# Microsoft could face $8.5 billion in damages for "Vista Capable" case



## RootbeaR (Dec 9, 2006)

"A University of Washington economist, and an expert witness for the plaintiffs has calculated that it would cost anywhere from $3.92 billion to $8.52 billion to upgrade all of the PCs that were sold as Vista Capable so that they would be able to run the premium versions of Windows Vista.

This number was computed by utilizing data provided by Microsoft, and arrives at how many "Vista upgradeable" PCs had been sold in the United States between April 2006 (when the Vista Capable Campaign began) through to January 2007 (when Vista hit the market and the marketing campaign ended). It was deemed that 13.75 million notebooks and 5.65 million desktop PCs had been classified "Vista Capable" when they were not actually able to meet the harsher "Premium Ready" requirements."
http://www.tgdaily.com/html_tmp/content-view-41165-118.html


----------



## tomdkat (May 6, 2006)

TG Daily article said:


> The Vista Home Basic lawsuit alleges that Microsoft's Vista Capable program would inflate the prices of PCs that were only capable of running that edition, thus enticing users to purchase machines that would not be able to upgrade to a better version of Vista at a later date.

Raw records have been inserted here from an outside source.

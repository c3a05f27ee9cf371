ghost use Rattle.std.specs.Prelude.{◌≡◌, ◌≤◌, ◌<◌, ◌^◌, pos, neg_ℤ};
ghost use Rattle.std.specs.Option.{SomeIff};
ghost use Rattle.std.specs.Str.Parse.{IsNumeral, digits_value};
ghost use Rattle.hip_num.specs.Texts.{decimal_of, hex_of, number_of, signed_of};

/// The number that one or more decimal digits write. None if a byte is no digit, if there is no byte, or if the number
/// is 2^64 or more.
pub fn read_decimal(text: &[u8]) -> Option<u64>
    ensures { result ≡ decimal_of text.now }
{
    read_number(text, 10)
}

/// The number that `0x` and one or more hexadecimal digits of either case write. None if the text has another form, and
/// if the number is 2^64 or more.
pub fn read_hex(text: &[u8]) -> Option<u64>
    ensures { result ≡ hex_of text.now }
{
    if text.starts_with(b"0x") {
        read_number(&text[2..], 16)
    } else {
        None
    }
}

/// The number that one or more decimal digits write, negated if a `-` comes before them. None if the text has another
/// form, and if the number is outside of i64.
pub fn read_signed(text: &[u8]) -> Option<i64>
    ensures { result ≡ signed_of (2 ^ 63) text.now }
{
    if text.starts_with(b"-") {
        negated(read_number(&text[1..], 10)?)
    } else {
        i64::try_from(read_number(text, 10)?).ok()
    }
}

fn negated(magnitude: u64) -> Option<i64>
    ensures { SomeIff result (magnitude ≤ 2 ^ 63) (neg_ℤ (pos magnitude)) }
{
    if magnitude == 0 {
        Some(0)
    } else if magnitude <= 0x8000_0000_0000_0000 {
        Some(-((magnitude - 1) as i64) - 1)
    } else {
        None
    }
}

fn read_number(text: &[u8], base: u32) -> Option<u64>
    requires low { 2 ≤ base }
    requires high { base ≤ 16 }
    ensures { result ≡ number_of base text.now }
{
    read_digits(text, base)
}

fn read_digits(text: &[u8], base: u32) -> Option<u64>
    requires low { 2 ≤ base }
    requires high { base ≤ 16 }
    ensures { SomeIff result (IsNumeral base text.now × (digits_value base text.now < 2 ^ 64))
        (digits_value base text.now) }
{
    if text.is_empty() {
        return None;
    }
    let most = u64::MAX / u64::from(base);
    let mut value: u64 = 0;
    for byte in text {
        let digit = match char::from(*byte).to_digit(base) {
            Some(digit) => digit,
            None => return None,
        };
        if value > most {
            return None;
        }
        value = match (value * u64::from(base)).checked_add(u64::from(digit)) {
            Some(value) => value,
            None => return None,
        };
    }
    Some(value)
}
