ghost use Rattle.std.specs.Prelude.{◌≡◌, ◌<◌};
ghost use Rattle.hip_types.specs.Widths.{bits_of};
ghost use Rattle.hip_num.specs.Casts.{widened, narrowed};

use crate::sign::{from_signed, signed_value};
use hip_types::{Bits, Width};

/// The same number at a greater width: zeros come before it or, if it is read with a sign, copies of its sign.
pub fn widen(a: Bits, to: Width, signed: bool) -> Bits
    requires { bits_of a.width < bits_of to }
    ensures { result ≡ widened a to signed }
{
    if signed {
        from_signed(to, signed_value(a))
    } else {
        Bits::new(to, a.value)
    }
}

/// The number modulo 2^N, where N is the smaller width.
pub fn narrow(a: Bits, to: Width) -> Bits
    requires { bits_of to < bits_of a.width }
    ensures { result ≡ narrowed a to }
{
    Bits::new(to, a.value)
}
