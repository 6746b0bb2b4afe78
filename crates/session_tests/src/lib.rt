//! Tests of the public calls of the crates that grow runs by `plan_work`: sessions, batches and twin trees. They are a crate of their own, so
//! that the libraries are proved once.
#![tactic(auto)]

#[cfg(test)]
mod better_paths;
#[cfg(test)]
mod two_trees;
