//! Worked examples of chains.

ghost use Rattle.plan_model_tests.specs.RouteExamples.{ChainVectors, LinkVectors};

/// A run in which a node moves below a later one: chains in order, and what they cost; a chain that is not, and costs less than its
/// last node.
pub fn chains()
    ensures { ChainVectors }
{}

/// Links in order, and links that lack one thing each.
pub fn links()
    ensures { LinkVectors }
{}
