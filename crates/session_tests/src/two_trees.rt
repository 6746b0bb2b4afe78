//! Tests of `twin_trees`: two trees with a bridge, and their report.

mod twins;
mod workers;
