//! Tests of `any_time`: sessions and batches that are polled by hand, and what they give for slices of each size.

mod batches;
mod finished;
mod held_workers;
mod sessions;
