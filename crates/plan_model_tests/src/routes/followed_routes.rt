//! Worked examples of links and routes, each the contract of a function that does nothing.

ghost use Rattle.plan_model_tests.specs.RouteExamples.{DiscVectors, OpenLinkVectors, WorkersTurnVectors, NearRouteVectors, ReachedVectors};
ghost use Rattle.plan_model_tests.specs.RouteExamples.{RouteVectors, UnfollowedVectors};

/// Links that are open, and links that are not: one cut by a corner beside which each lattice point is clear, one a lattice step longer
/// than the step.
pub fn open_links()
    ensures { OpenLinkVectors }
{}

/// Links whose disc is clear since the body keeps far enough from the obstacle and the walls, and links by one lattice step too long, or
/// with a clearance or a wider body.
pub fn discs()
    ensures { DiscVectors }
{}

/// A route, and numbers that are none.
pub fn routes()
    ensures { RouteVectors }
{}

/// Near links and what routes cost, a link longer than the least radius, and marks at older nodes that follow each other.
pub fn near_routes()
    ensures { NearRouteVectors }
{}

/// Points of marks that are reached, and that are not in time.
pub fn reached_marks()
    ensures { ReachedVectors }
{}

/// Runs that do not reach their only mark: the link to it is not open, or it is skipped.
pub fn unfollowed_runs()
    ensures { UnfollowedVectors }
{}

/// Marks of a route that one worker handled in turn, and marks that it did not.
pub fn workers_turns()
    ensures { WorkersTurnVectors }
{}
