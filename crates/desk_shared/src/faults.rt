use thiserror::Error;

/// The most planners of a shared desk.
pub const MOST_PLANNERS: u32 = 256;

/// Why a desk isn't shared.
#[derive(Clone, Copy, Debug, PartialEq, Eq, Error)]
pub enum ShareFault {
    /// The planners aren't 1 to MOST_PLANNERS.
    #[error("bad planners")]
    BadPlanners,
    #[error("out of memory")]
    OutOfMemory,
}

/// Why a pass isn't split.
#[derive(Clone, Copy, Debug, PartialEq, Eq, Error)]
pub enum SplitFault {
    /// The pass keeps no number to give away. The desk was shared for that many planners.
    #[error("passes full, {planners}")]
    PassesFull { planners: u32 },
}

/// The desk is lost, since the turn wasn't free.
#[derive(Clone, Copy, Debug, PartialEq, Eq, Error)]
#[error("pass lost")]
pub struct PassLost;
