ghost use Rattle.desk_shared.specs.Laws.{AloneFindsWhatItSaw, OnePlannerFindsWhatItSaw};

/// A pass that has each number of the desk, since no other pass was split off or all were joined
/// into it, finds the journal that it has seen.
pub fn alone_finds_what_it_saw()
    ensures { AloneFindsWhatItSaw }
{}

/// On a desk that was shared for one planner the pass finds the journal that it has seen.
pub fn one_planner_finds_what_it_saw()
    ensures { OnePlannerFindsWhatItSaw }
{}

Individuals and consumers involved in the lawsuit feel that they were cheated, and not given the "real Vista" because it doesn't have the Aero glass user interface.
> 
> Microsoft denies false advertising and claims their campaign was fair and honest.


I agree with Microsoft on this. Claiming "Vista capable" doesn't mean ALL versions of Vista would be able to run on any given "Vista capable" labeled machine. I do agree Microsoft should have been more clear on the version of Vista and "Vista capable" labeled machine was actually capable of running but at the same time, *not all* Vista users would be interested in running any given version of Vista. Some who think the Aero interface is too slow disable it, as an example.

I haven't supported many Vista users but the few I have supported have NOT expressed any regret with the version of Vista they have. They mostly express frustration with problems and issues they have.

Peace...


----------



## Elvandil (Aug 1, 2003)

I guess I never considered the phrase "Vista Capable" to mean anything other than that at least the minimum, simplest version of Vista would run on machines so designated. It seems a stretch to say that they need to be able to run every version of Vista to be so designated.


----------



## tomdkat (May 6, 2006)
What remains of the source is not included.